Assignment: Copy each line below that includes "Prelude".

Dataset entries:
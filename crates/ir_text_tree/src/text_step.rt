//! What a token does in types, values and locations, which are kept as texts.
ghost use Rattle.std.specs.Prelude.{◌≡◌};
ghost use Rattle.ir_text_tree.specs.TextSteps.{holds_loc, closes, outside, takes, part_of_text};

use crate::row::Part;
use crate::sort::Sort;

/// What a text is.
#[derive(Clone, Copy)]
pub enum TextKind {
    /// The value of an attribute.
    Value,
    /// The type of an operand.
    OperandType,
    /// The type of a result.
    ResultType,
    /// The location of an operation.
    Location,
    /// The type of an argument.
    ArgumentType,
    /// The location of an argument.
    ArgumentLocation,
}

/// A pair of brackets.
#[derive(Clone, Copy)]
pub enum Bracket {
    /// `(` and `)`
    Round,
    /// `[` and `]`
    Square,
    /// `{` and `}`
    Curly,
}

/// What becomes of the brackets that are open in a text.
#[derive(Clone, Copy)]
pub enum Nesting {
    /// They stay.
    Kept,
    /// One more is opened.
    Opened(Bracket),
    /// The last is closed.
    Closed,
}

// The word `loc` outside all brackets: it is a part of values and locations, and ends types.
fn holds_loc(kind: TextKind) -> Option<Nesting>
    ensures { result ≡ holds_loc kind }
{
    match kind {
        TextKind::Value | TextKind::Location | TextKind::ArgumentLocation => Some(Nesting::Kept),
        TextKind::OperandType | TextKind::ResultType | TextKind::ArgumentType => None,
    }
}

// A closing bracket closes the last that was opened, if that is of its sort.
fn closes(bracket: Bracket, last: Option<Bracket>) -> Option<Nesting>
    ensures { result ≡ closes bracket last }
{
    match (bracket, last) {
        (Bracket::Round, Some(Bracket::Round)) => Some(Nesting::Closed),
        (Bracket::Square, Some(Bracket::Square)) => Some(Nesting::Closed),
        (Bracket::Curly, Some(Bracket::Curly)) => Some(Nesting::Closed),
        _ => None,
    }
}

// A token that ends a text outside all brackets, and else is a part of it.
fn outside(last: Option<Bracket>, other: Option<Nesting>) -> Option<Nesting>
    ensures { result ≡ outside last other }
{
    match last {
        None => other,
        Some(_) => Some(Nesting::Kept),
    }
}

/// What a token does to the open brackets of a text, of which this is the last; none where it is no part of the text.
pub(crate) fn takes(kind: TextKind, last: Option<Bracket>, sort: Sort) -> Option<Nesting>
    ensures { result ≡ takes kind last sort }
{
    match sort {
        Sort::OpenRound => Some(Nesting::Opened(Bracket::Round)),
        Sort::OpenSquare => Some(Nesting::Opened(Bracket::Square)),
        Sort::OpenCurly => Some(Nesting::Opened(Bracket::Curly)),
        Sort::CloseRound => closes(Bracket::Round, last),
        Sort::CloseSquare => closes(Bracket::Square, last),
        Sort::CloseCurly => closes(Bracket::Curly, last),
        Sort::Comma | Sort::Equals => outside(last, None),
        Sort::Loc => outside(last, holds_loc(kind)),
        _ => Some(Nesting::Kept),
    }
}

/// The part that such a text is.
pub(crate) fn part_of_text(kind: TextKind) -> Part
    ensures { result ≡ part_of_text kind }
{
    match kind {
        TextKind::Value => Part::Value,
        TextKind::OperandType => Part::OperandType,
        TextKind::ResultType => Part::ResultType,
        TextKind::Location => Part::Location,
        TextKind::ArgumentType => Part::ArgumentType,
        TextKind::ArgumentLocation => Part::ArgumentLocation,
    }
}
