//! Laws of keys. Each function takes and does nothing; its contract is the law.
ghost use Rattle.std.specs.Prelude.{◌≡◌, ℕ, List, codes};
ghost use Rattle.hex.specs.Hex.{IsBytes};
ghost use Rattle.generic_dialect.specs.Keys.{HasNoKey, key_name};

/// No two keys have one identifier.
pub fn keys_stand_apart()
    ensures { (a b : List ℕ) → IsBytes a → IsBytes b → key_name a ≡ key_name b → a ≡ b }
{}

/// No key has the identifier of an operation's properties.
pub fn properties_stand_apart()
    ensures { HasNoKey (codes "__properties") }
{}
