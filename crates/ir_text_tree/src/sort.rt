//! Tokens by what they can be in the generic form.

use crate::row::Span;

/// What a token can be.
#[derive(Clone, Copy, Debug, PartialEq, Eq)]
pub enum Sort {
    /// `%x`
    Value,
    /// `^x`
    Block,
    /// `#x`
    Attribute,
    /// `!x`
    Type,
    /// A word or a number.
    Word,
    /// The word `loc`.
    Loc,
    /// A string.
    Quoted,
    /// A group in `<` and `>`.
    Group,
    /// `->`
    Arrow,
    /// `,`
    Comma,
    /// `:`
    Colon,
    /// `=`
    Equals,
    /// `(`
    OpenRound,
    /// `)`
    CloseRound,
    /// `[`
    OpenSquare,
    /// `]`
    CloseSquare,
    /// `{`
    OpenCurly,
    /// `}`
    CloseCurly,
    /// Any other, in types, values and locations alone.
    Other,
}

/// A token: what it can be, and where it stands.
#[derive(Clone, Copy)]
pub struct Piece {
    /// What it can be.
    pub sort: Sort,
    /// Where it stands.
    pub span: Span,
}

Task solution:
ghost use Rattle.std.specs.Prelude.{◌≡◌};
ghost use Rattle.std.specs.Prelude.{◌≡◌, ℕ, List, codes};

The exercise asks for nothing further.